In today’s economy, unemployment rates have reached all time highs. As many people continue to unsuccessfully find employment, others have begun to turn towards continuing education as an alternative for work.
Continuing education refers to additional courses or programs taken to enhance personal or professional goals. Unable to obtain work, the jobless figure that additional education can only help their cause. According to the U.S. Bureau of Labor statistics, in 2009 13 percent of production/blue-collar workers were unemployed. As a long term investment, they hope to gain skills or degrees that will help them become better candidates for employment in the future. Assuming that the economy turns around during those couple of years that they study, they will, by that time, have no trouble finding jobs.
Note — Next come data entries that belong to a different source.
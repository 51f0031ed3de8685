//! What holds of the evaluation of programs: greater heights, more answers, and worked examples.
#![tactic(auto)]

mod examples;
mod heights;

pub use examples::{
    bind_is_raised, constructors_are_told_apart, division_raises, division_rounds_down,
    hidden_constructor_is_held, plain_piece_is_quoted, references_are_told_apart,
    square_is_remembered,
};
pub use heights::{calls_grow, counts_grow, greater_heights, more_answers};
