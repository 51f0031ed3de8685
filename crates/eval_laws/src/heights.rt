// Evaluations at greater heights, and with more answers.
ghost use Rattle.std.specs.Prelude.{◌+◌, ◌≤◌, ℕ, List, suc};
ghost use Rattle.web_data.specs.declared.database.WebAns.{WebAns};
ghost use Rattle.sml_syntax.specs.declared.tree.Exp.{Exp};
ghost use Rattle.sml_syntax.specs.declared.tree.Dec.{Dec};
ghost use Rattle.sml_evaluation.specs.Values.{Env};
ghost use Rattle.sml_evaluation.specs.RunState.{count_of};
ghost use Rattle.sml_evaluation.specs.Outcome.{State};
ghost use Rattle.sml_evaluation.specs.Evaluation.{eval, eval_decs};
ghost use Rattle.eval_laws.specs.Heights.{Betters, with_more, Begins, calls_of, Extends};

/// A greater height changes no outcome but that the height ran out, and there it counts more.
pub fn greater_heights()
    ensures expressions { (n m : ℕ) (env : Env) (s : State) (e : Exp) → Betters 1 (eval n env s e) (eval (n + suc m) env s e) }
    ensures declarations { (n m : ℕ) (env : Env) (s : State) (decs : List Dec) → Betters 1 (eval_decs n env s decs) (eval_decs (n + suc m) env s decs) }
{}

/// What is counted only grows.
pub fn counts_grow()
    ensures expressions { (n : ℕ) (env : Env) (s : State) (e : Exp) → s.count ≤ count_of (eval n env s e) }
    ensures declarations { (n : ℕ) (env : Env) (s : State) (decs : List Dec) → s.count ≤ count_of (eval_decs n env s decs) }
{}

/// Calls that are made stay made, and later ones come behind them.
pub fn calls_grow()
    ensures expressions { (n : ℕ) (env : Env) (s : State) (e : Exp) → Begins s.shared.calls (calls_of (eval n env s e)) }
    ensures declarations { (n : ℕ) (env : Env) (s : State) (decs : List Dec) → Begins s.shared.calls (calls_of (eval_decs n env s decs)) }
{}

/// More answers change no outcome but that an answer was wanting, and there the calls so far begin
/// those that are made then.
pub fn more_answers()
    ensures expressions { (more : List WebAns) (n : ℕ) (env : Env) (s : State) (e : Exp) → Extends more (eval n env s e) (eval n env (with_more more s) e) }
    ensures declarations { (more : List WebAns) (n : ℕ) (env : Env) (s : State) (decs : List Dec) → Extends more (eval_decs n env s decs) (eval_decs n env (with_more more s) decs) }
{}
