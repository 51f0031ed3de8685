//! Tests of the objects in memory that stand for the outside, each through its trait.
#![tactic(auto)]

#[cfg(test)]
mod connections;
#[cfg(test)]
mod outside;
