// Objects of the outside in memory, each through its trait.
use outside_world::{
    Clock, Failed, FileRefusal, Files, MemClock, MemFiles, MemSink, MemSource, Sink, Source,
    SureFiles, SureSink, SureSource, WriteRefusal, write_all,
};
use sml_syntax::Text;
use std::process::Abort;
use std::test::Fail;

// Reads "abc" to its end, by two bytes.
fn check_source<S: Source>(rt: &impl Abort, source: &mut S) -> Result<(), Fail> {
    let mut piece = [0; 2];
    for want in [b"ab".as_slice(), b"c".as_slice(), b"".as_slice()] {
        let n = source.read(&mut piece)?;
        assert_eq!(rt; &piece[..n], want);
    }
    Ok(())
}

#[test]
fn sources_give_their_bytes(rt: HostRuntime) -> Result<(), Fail> {
    check_source(&rt, &mut SureSource::make(rt.alloc(), b"abc")?)?;
    let mut source = MemSource::make(rt.alloc(), b"abc", &[3])?;
    check_source(&rt, &mut source)?;
    assert_eq!(rt; source.read_faults(), 0);
    let mut piece = [0; 2];
    assert_eq!(rt; source.read(&mut piece), Err(Failed));
    assert_eq!(rt; source.read_faults(), 1);
    Ok(())
}

fn check_sink<K: Sink>(rt: &impl Abort, sink: &mut K) -> Result<(), Fail> {
    write_all(sink, b"ab")?;
    assert_eq!(rt; sink.write(b"c")?, 1);
    Ok(())
}

#[test]
fn sinks_hold_what_is_written(rt: HostRuntime) -> Result<(), Fail> {
    let mut sink = SureSink::make(rt.alloc())?;
    check_sink(&rt, &mut sink)?;
    assert_eq!(rt; sink.written(), b"abc".as_slice());
    let mut sink = MemSink::make(rt.alloc(), &[2])?;
    check_sink(&rt, &mut sink)?;
    assert_eq!(rt; sink.write_faults(), 0);
    assert_eq!(rt; sink.write(b"d"), Err(WriteRefusal::Failed));
    assert_eq!(rt; sink.write_faults(), 1);
    assert_eq!(rt; sink.written(), b"abc".as_slice());
    Ok(())
}

// Reads the file `name`, of which the text is "abc".
fn check_files<F: Files>(
    rt: &(impl Abort + AllocGlobal),
    files: &mut F,
    name: &Text,
) -> Result<(), Fail> {
    assert_eq!(rt; files.read_file(name, 3)?.as_bytes(), b"abc".as_slice());
    match files.read_file(name, 2) {
        Err(FileRefusal::Long) => Ok(()),
        _ => Err("not too long")?,
    }
}

#[test]
fn files_hold_what_was_put(rt: HostRuntime) -> Result<(), Fail> {
    let alloc = rt.alloc();
    let name = Text::from_bytes(alloc, b"name")?;
    let other = Text::from_bytes(alloc, b"other")?;
    let text = Text::from_bytes(alloc, b"abc")?;
    let mut files = SureFiles::make(alloc)?;
    files.put_file(&name, &text)?;
    check_files(&rt, &mut files, &name)?;
    assert_eq!(rt; files.read_file(&other, 0)?.as_bytes(), b"".as_slice());
    let mut files = MemFiles::make(alloc, &[3])?;
    files.put_file(&name, &text)?;
    check_files(&rt, &mut files, &name)?;
    for want in [FileRefusal::Absent, FileRefusal::Failed] {
        match files.read_file(&other, 0) {
            Ok(_) => Err("a file that isn't there was read")?,
            Err(refusal) => assert_eq!(rt; refusal, want),
        }
    }
    assert_eq!(rt; files.file_faults(), 1);
    Ok(())
}

fn reading<C: Clock>(clock: &mut C) -> u64 {
    clock.now()
}

#[test]
fn clocks_give_their_readings(rt: HostRuntime) -> Result<(), Fail> {
    let mut clock = MemClock::make(rt.alloc(), &[3, 5])?;
    assert_eq!(rt; reading(&mut clock), 3);
    assert_eq!(rt; reading(&mut &mut clock), 5);
    assert_eq!(rt; reading(&mut clock), 5);
    assert_eq!(rt; reading(&mut MemClock::make(rt.alloc(), &[])?), 0);
    Ok(())
}
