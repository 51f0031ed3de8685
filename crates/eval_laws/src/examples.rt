// Worked examples of the evaluation.
ghost use Rattle.std.specs.Prelude.{◌≡◌, ℕ, List, [], ◌∷◌, ◌^◌, ◌-◌, pos, negsuc, true, false, None, Some, codes};
ghost use Rattle.sml_evaluation.specs.declared.value.Value.{Value};
ghost use Rattle.sml_evaluation.specs.declared.value.Bound.{roll-Bound};
ghost use Rattle.sml_evaluation.specs.declared.value.Bound.TheOpen.{Value-F, Bound-F};
ghost use Rattle.sml_syntax.specs.declared.tree.DecForm.TheOpen.{Piece-F};
ghost use Rattle.sml_evaluation.specs.Values.{Env, int_value, exn_value, quote_value};
ghost use Rattle.sml_evaluation.specs.RunState.{Done, Raised, counted};
ghost use Rattle.sml_evaluation.specs.Outcome.{State};
ghost use Rattle.sml_evaluation.specs.BasisFunctions.{quotient, modulus};
ghost use Rattle.sml_evaluation.specs.Primitives.{Comparing, by_divisor};
ghost use Rattle.sml_syntax.specs.declared.tree.Span.{Span};
ghost use Rattle.sml_evaluation.specs.Evaluation.{Evaluator, bound_more, constructor_match, held_by, piece_value, same_result};
ghost use Rattle.sml_syntax.specs.declared.constructor.Constructor.TheVariants as con;
ghost use Rattle.sml_evaluation.specs.Page.{PageOf, Finished, html_type};
ghost use Rattle.eval_laws.specs.Examples.{any_or_other, squares, square_answers, square_calls};

/// `~7 div 2` is `~4` and leaves 1; `7 div ~2` is `~4` and leaves `~1`.
pub fn division_rounds_down()
    ensures left { (s : State) → by_divisor quotient (Value-F.Int (negsuc 6)) (Value-F.Int (pos 2)) s ≡ Done (int_value (negsuc 3)) s }
    ensures left_over { (s : State) → by_divisor modulus (Value-F.Int (negsuc 6)) (Value-F.Int (pos 2)) s ≡ Done (int_value (pos 1)) s }
    ensures right { (s : State) → by_divisor quotient (Value-F.Int (pos 7)) (Value-F.Int (negsuc 1)) s ≡ Done (int_value (negsuc 3)) s }
    ensures right_over { (s : State) → by_divisor modulus (Value-F.Int (pos 7)) (Value-F.Int (negsuc 1)) s ≡ Done (int_value (negsuc 0)) s }
{}

/// The least integer divided by `~1` raises `Overflow`, and anything divided by 0 raises `Div`.
pub fn division_raises()
    ensures overflow { (s : State) → by_divisor quotient (Value-F.Int (negsuc (2 ^ 63 - 1))) (Value-F.Int (negsuc 0)) s ≡ Raised (exn_value 3) (counted 2 s) }
    ensures zero { (s : State) → by_divisor quotient (Value-F.Int (pos 1)) (Value-F.Int (pos 0)) s ≡ Raised (exn_value 2) (counted 2 s) }
{}

/// A reference is equal to itself alone.
pub fn references_are_told_apart()
    ensures same { (part : Comparing) (s : State) → same_result part (Value-F.Ref 3) (Value-F.Ref 3) s ≡ Done true s }
    ensures other { (part : Comparing) (s : State) → same_result part (Value-F.Ref 3) (Value-F.Ref 4) s ≡ Done false s }
{}

/// Constructors of two datatypes are two, though they have one place in theirs, and so are those of one datatype with two places.
pub fn constructors_are_told_apart()
    ensures match_other { (s : State) → constructor_match (con.Data 7 1) (Value-F.Con 6 1) s ≡ Done None s }
    ensures match_same { (s : State) → constructor_match (con.Data 7 1) (Value-F.Con 7 1) s ≡ Done (Some []) s }
    ensures equality { (part : Comparing) (s : State) → same_result part (Value-F.Con 6 1) (Value-F.Con 7 1) s ≡ Done false s }
    ensures index { (part : Comparing) (s : State) → same_result part (Value-F.Con 7 0) (Value-F.Con 7 1) s ≡ Done false s }
{}

/// A pattern that doesn't fit raises `Bind`.
pub fn bind_is_raised()
    ensures { (env : Env) (s : State) → bound_more env None s ≡ Raised (exn_value 1) (counted 2 s) }
{}

/// A plain piece of a quotation is `QUOTE` of its text: two words, and two of the text.
pub fn plain_piece_is_quoted()
    ensures { (part : Evaluator) (env : Env) (s : State) → piece_value part env s (Piece-F.Plain (codes "a")) ≡ Done (quote_value (codes "a")) (counted 4 s) }
{}

/// Where a variable hides a constructor of the basis, a function with that name in a pattern holds the variable, so that the name
/// binds there: `fun NONE x = x`, and then `fn NONE => "any" | _ => "other"`.
pub fn hidden_constructor_is_held()
    ensures { (at : Span) (v : Value) → held_by ((codes "NONE", roll-Bound (Bound-F.Variable v)) ∷ []) (any_or_other at) ≡ (codes "NONE", roll-Bound (Bound-F.Variable v)) ∷ [] }
{}

/// `Web.Cache.memoize` of the prelude, and a script that writes the square of 7 twice by it. The first time nothing is found, the
/// function runs, and what it gives is kept; the second time that is found, and the function doesn't run.
pub fn square_is_remembered()
    ensures { (at : Span) (form : List (List ℕ × List ℕ)) (databases : List (List ℕ)) → PageOf (squares at) form databases square_answers square_calls (Finished 200 html_type (codes "run 49 49")) }
{}
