// Connections in memory.
use outside_world::{
    Both, Conn, Failed, MemConn, MemSink, MemSource, Sink, Source, SureConn, WriteRefusal,
};
use std::process::Abort;

// Reads "abcdef" by pieces of 1, 3 and 2 bytes, and writes "xy".
fn check_conn<L: Conn>(rt: &impl Abort, link: &mut L) {
    let mut piece = [0; 4];
    for want in ["a", "bcd", "ef", ""] {
        let n = link.read(&mut piece).expect(rt, "a read");
        assert_eq!(rt; &piece[..n], want.as_bytes());
    }
    assert_eq!(rt; link.write(b"xy"), Ok(2));
    assert!(rt; !link.extra());
    link.finish();
}

#[test]
fn connections_give_and_take(rt: HostRuntime) {
    let alloc = rt.alloc();
    let mut sure = SureConn::make(alloc, b"abcdef", &[1, 0, 3]).expect(&rt, "memory");
    check_conn(&rt, &mut sure);
    assert_eq!(rt; sure.written(), b"xy".as_slice());
    let mut link = MemConn::make(alloc, b"abcdef", &[1, 3], &[4], &[1]).expect(&rt, "memory");
    check_conn(&rt, &mut link);
    assert_eq!(rt; link.written(), b"xy".as_slice());
    assert_eq!(rt; link.read(&mut [0]), Err(Failed));
    assert_eq!(rt; link.write(b"z"), Err(WriteRefusal::Failed));
    assert_eq!(rt; (link.read_faults(), link.write_faults()), (1, 1));
    let mut source = MemSource::make(alloc, b"ab", &[]).expect(&rt, "memory");
    let mut sink = MemSink::make(alloc, &[]).expect(&rt, "memory");
    let mut both = Both::make(&mut source, &mut sink);
    assert_eq!(rt; both.read(&mut [0; 4]), Ok(2));
    assert_eq!(rt; both.write(b"xy"), Ok(2));
    both.finish();
    assert_eq!(rt; sink.written(), b"xy".as_slice());
}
The U.S. Department of Education’s National Center for Education Statistics projects that total enrollment in continuing education will rise by 17 percent to 20.4 million students.
Continuing one’s education ultimately seems to benefit society in a whole. The individuals become for skilled for their profession, and once they do acquire jobs, they will be able to more effectively carry out their line of work.
Going back to school as an adult can be tough mentally and emotionally, though. However, some just realize a need for a higher or advanced degree, while others just want a challenge. The University of Continuing Education Association predicts that enrollment of full-time students will rise 23 percent from 2005 to 2016, and the number of part-timers will increase by 6 percent
More and more of these distance education institutions have developed recently for people who prefer not to be in the classroom. Online courses are cheaper, faster and more convenient. According to the U.S. Department of Education’s National Center for Education Statistics, total enrollment in online education classes has increased by an annual average of 21.5 percent over the past five years. American Continuing Education offers a wide range of affordable quality education targeted specifically toward adults looking for continuing education.
Some still enroll in the traditional classroom, but in the end, they decide with friends, family and counselors after determining the best option.
Applying for financial aid is a large part of the process of enrolling, especially for adults returning to school. Programs such as the Student Loan Network and the Act Continuing Education Loan program offer financial aid targeted specifically toward continuing education students.
After becoming familiar with the new student environment, students returning to school mostly enjoy learning again and benefit from the experience. According to Continuing Education Inc., continuing education provides students “an opportunity to relax, renew and reconnect” with the real world. And with a steady work, continuing education students generally end up with a more positive career.